Top of Working data

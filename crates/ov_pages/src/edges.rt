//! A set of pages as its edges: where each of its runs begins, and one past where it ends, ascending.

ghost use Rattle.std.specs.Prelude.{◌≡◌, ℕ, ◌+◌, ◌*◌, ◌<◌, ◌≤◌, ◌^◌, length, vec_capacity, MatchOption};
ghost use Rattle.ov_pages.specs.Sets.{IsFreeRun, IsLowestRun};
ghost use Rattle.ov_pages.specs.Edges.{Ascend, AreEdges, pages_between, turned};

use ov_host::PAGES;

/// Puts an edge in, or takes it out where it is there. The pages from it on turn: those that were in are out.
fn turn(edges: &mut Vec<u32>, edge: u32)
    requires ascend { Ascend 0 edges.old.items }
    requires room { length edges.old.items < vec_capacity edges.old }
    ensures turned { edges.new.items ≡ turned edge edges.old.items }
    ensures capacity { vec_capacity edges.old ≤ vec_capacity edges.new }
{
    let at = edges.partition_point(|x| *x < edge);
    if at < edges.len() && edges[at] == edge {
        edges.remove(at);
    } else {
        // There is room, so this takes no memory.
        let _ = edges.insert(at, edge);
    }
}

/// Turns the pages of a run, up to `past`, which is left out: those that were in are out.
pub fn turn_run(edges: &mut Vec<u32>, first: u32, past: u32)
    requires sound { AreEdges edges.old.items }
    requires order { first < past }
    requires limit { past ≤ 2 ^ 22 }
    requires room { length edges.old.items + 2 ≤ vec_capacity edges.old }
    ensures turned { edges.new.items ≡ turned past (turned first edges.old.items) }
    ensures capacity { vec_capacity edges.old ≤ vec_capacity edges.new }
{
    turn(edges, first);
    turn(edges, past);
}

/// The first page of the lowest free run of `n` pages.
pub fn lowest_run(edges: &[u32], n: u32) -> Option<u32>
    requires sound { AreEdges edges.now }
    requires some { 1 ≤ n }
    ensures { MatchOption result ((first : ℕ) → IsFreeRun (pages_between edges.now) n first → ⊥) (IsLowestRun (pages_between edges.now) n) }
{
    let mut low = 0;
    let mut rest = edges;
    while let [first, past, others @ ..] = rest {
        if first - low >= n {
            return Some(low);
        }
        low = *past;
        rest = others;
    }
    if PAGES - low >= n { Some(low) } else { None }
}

Bottom of Working data

*Task details*
Retype exactly, and only, the lines above from the one where "pub fn turn_run(edges: &mut" occurs up to and including the one where "pub fn lowest_run(edges: &[u32], n: u32)" occurs.

*Solution for this exercise*
pub fn turn_run(edges: &mut Vec<u32>, first: u32, past: u32)
    requires sound { AreEdges edges.old.items }
    requires order { first < past }
    requires limit { past ≤ 2 ^ 22 }
    requires room { length edges.old.items + 2 ≤ vec_capacity edges.old }
    ensures turned { edges.new.items ≡ turned past (turned first edges.old.items) }
    ensures capacity { vec_capacity edges.old ≤ vec_capacity edges.new }
{
    turn(edges, first);
    turn(edges, past);
}

/// The first page of the lowest free run of `n` pages.
pub fn lowest_run(edges: &[u32], n: u32) -> Option<u32>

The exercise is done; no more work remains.